Nora El-Zein, Peter Cady and Paul Fessele

Last updated:January 17, 2025 7:49 PM (GMT+1)

Mindfulness Master Class is a system that mimics a mindfulness coach by providing adaptive and contextually meaningful responses based on users' emotional states and speech. The system consists of two parts: The first part is the User Perception subsystem and captures emotional expressions through image analysis and machine learning models that predict emotions. The second part is the Interaction subsystem where users engage with a robot from Furhat robotics. This robot processes both emotional and speech inputs during interactions.

The complete project can be found here:

GitHub - norael-zein/IntelligentInteractiveSystems: Course project

System Overview

The overview system can be seen in the image below. User’s facial expression and verbal input are analyzed using a camera and microphone. Visual processing followed by model prediction detects valence, arousal and emotional states, while speech recognition converts verbal messages into text. This data is processed to generate emotional states. The interaction system uses the Furhat agent, a screen, and a speaker to provide visual and audio feedback. Text-to-speech generates verbal responses, and gestures are used to make interactions engaging. The subsystem generates responses and adaptively adjusts based on the user's affective state.

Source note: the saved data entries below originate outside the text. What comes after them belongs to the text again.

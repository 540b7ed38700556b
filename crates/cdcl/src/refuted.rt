//! What a refutation comes to.

use lrat::Proof;

/// What a refutation comes to.
#[derive(Drop)]
pub enum Refuted {
    /// an accepted proof that nothing satisfies the formula
    Proof(Proof),
    /// values that satisfy the formula: index `v` is the variable `v`, and index 0 is false
    Model(Vec<bool>),
    /// the budget is exhausted
    Spent,
}
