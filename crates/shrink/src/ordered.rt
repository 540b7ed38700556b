//! Files in the numbering of the binary layout.

ghost use Rattle.std.specs.Prelude.{IfOk};
ghost use Rattle.shrink.specs.Ready.{IsReady};

use crate::hashing::shrink;
use crate::shrink_error::ShrinkError;
use graph::AigerFile;
use std::alloc::Global;

/// The file, where its circuit is in the numbering of the binary layout (AIGER 1.9); and else the
/// file of the circuit that structural hashing makes of it, with the same names and comment. It
/// costs the circuit's length.
pub fn ready(alloc: Global, file: AigerFile) -> Result<AigerFile, ShrinkError>
    ensures ready { IfOk result (IsReady file) }
{
    if file.model().is_ordered() {
        return Ok(file);
    }
    let model = shrink(alloc, file.model())?;
    Ok(file.with_model(model))
}
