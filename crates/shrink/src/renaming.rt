//! A circuit whose literals are carried over.

ghost use Rattle.std.specs.Prelude.{◌≡◌, ◌≤◌, ◌+◌, All, IfOk, length, map};
ghost use Rattle.shrink.specs.Hashed.{carried_latch as carried_latch_of, carried_parts, renamed};
ghost use Rattle.shrink.specs.Carriable.{IsCarriable, AreCarriable};

use crate::carrying::rename;
use base::{Refused, Seq};
use graph::{Gate, Latch, Lit, Parts};
use std::alloc::Global;

/// The literals, carried over.
fn rename_all(alloc: Global, image: &[Lit], lits: &[Lit]) -> Result<Seq<Lit>, Refused>
    requires { All (IsCarriable image.now) lits.now }
    ensures { IfOk result (λ s. s ≡ map (renamed image.now) lits.now) }
{
    let mut renamed = Seq::new(alloc);
    for lit in lits {
        renamed.push(rename(image, *lit))?;
    }
    Ok(renamed)
}

/// The lists of literals, carried over.
fn rename_lists(alloc: Global, image: &[Lit], lists: &[Seq<Lit>]) -> Result<Seq<Seq<Lit>>, Refused>
    requires { All (All (IsCarriable image.now)) lists.now }
    ensures { IfOk result (λ s. s ≡ map (map (renamed image.now)) lists.now) }
{
    let mut renamed = Seq::new(alloc);
    for lits in lists {
        renamed.push(rename_all(alloc, image, lits.as_slice())?)?;
    }
    Ok(renamed)
}

/// A latch, carried over: a reset that is no constant is its own literal.
fn rename_latch(image: &[Lit], latch: Latch) -> Latch
    requires { IsCarriable image.now latch.lit × IsCarriable image.now latch.next }
    ensures { result ≡ carried_latch_of image.now latch }
{
    let lit = rename(image, latch.lit);
    let reset = if latch.reset.0 <= 1 { latch.reset } else { lit };
    Latch {
        lit,
        next: rename(image, latch.next),
        reset,
    }
}

/// The latches, carried over.
fn rename_latches(alloc: Global, image: &[Lit], latches: &[Latch]) -> Result<Seq<Latch>, Refused>
    requires { All (λ l. IsCarriable image.now l.lit × IsCarriable image.now l.next) latches.now }
    ensures { IfOk result (λ s. s ≡ map (carried_latch_of image.now) latches.now) }
{
    let mut renamed = Seq::new(alloc);
    for latch in latches {
        renamed.push(rename_latch(image, *latch))?;
    }
    Ok(renamed)
}

/// The circuit, with its literals carried over to these gates.
pub fn rename_parts(
    alloc: Global,
    parts: &Parts,
    image: &[Lit],
    gates: Seq<Gate>,
) -> Result<Parts, Refused>
    requires carriable { AreCarriable parts.now image.now }
    requires room { length parts.now.inputs + length parts.now.latches + length gates ≤ 4194303 }
    ensures { IfOk result (λ s. s ≡ carried_parts parts.now image.now gates) }
{
    let max_var = parts.inputs.len() + parts.latches.len() + gates.len();
    Ok(Parts {
        max_var: max_var as u32,
        inputs: rename_all(alloc, image, parts.inputs.as_slice())?,
        latches: rename_latches(alloc, image, parts.latches.as_slice())?,
        outputs: rename_all(alloc, image, parts.outputs.as_slice())?,
        bad: rename_all(alloc, image, parts.bad.as_slice())?,
        constraints: rename_all(alloc, image, parts.constraints.as_slice())?,
        justice: rename_lists(alloc, image, parts.justice.as_slice())?,
        fairness: rename_all(alloc, image, parts.fairness.as_slice())?,
        gates,
    })
}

1. User Perception Subsystem

This subsystem focuses on real-time detection and analysis of user emotions through webcam input. Its primary objective is to automatically recognize affective states, such as valence and arousal, from one or more users interacting with Furhat. To achieve this, a comprehensive dataset containing thousands of images showcasing diverse emotional expressions has been used.

The system processes these images to extract Action Units (AUs), which serve as the fundamental building blocks for emotion detection. These features are then used as input to a machine learning pipeline, which comprises multiple algorithms tested with a variety of configurations.

To optimize performance, the pipeline incorporates techniques such as parameter tuning and model selection, ensuring that the final model accurately predicts emotions based on the extracted features. The trained model is then capable of processing real-time inputs to detect and classify affective states dynamically during interaction.

Visual processing of images

Webcam Input

The first part of the system consists of capturing the webcam input of the user, for which we’re using OpenCV’s VideoCapture class. This class allows us to read the individual frames of the webcam feed that we can then process further to extract AUs corresponding to the users face. Because frames are provided as numpy arrays that are incompatible with the next processing step, a temporary file is created to save the data as a PIL image.

Feature Extraction

In order to extract the AUs from an image, we’re utilizing the Detector class from the package Py-Feat, a Facial Expression Analysis Toolbox. The class provides a function detect_image that returns a Pandas DataFrame containing all of (and only) the AUs in sequential order. This data is then passed along to the Machine Learning Pipeline to predict the emotion of the user.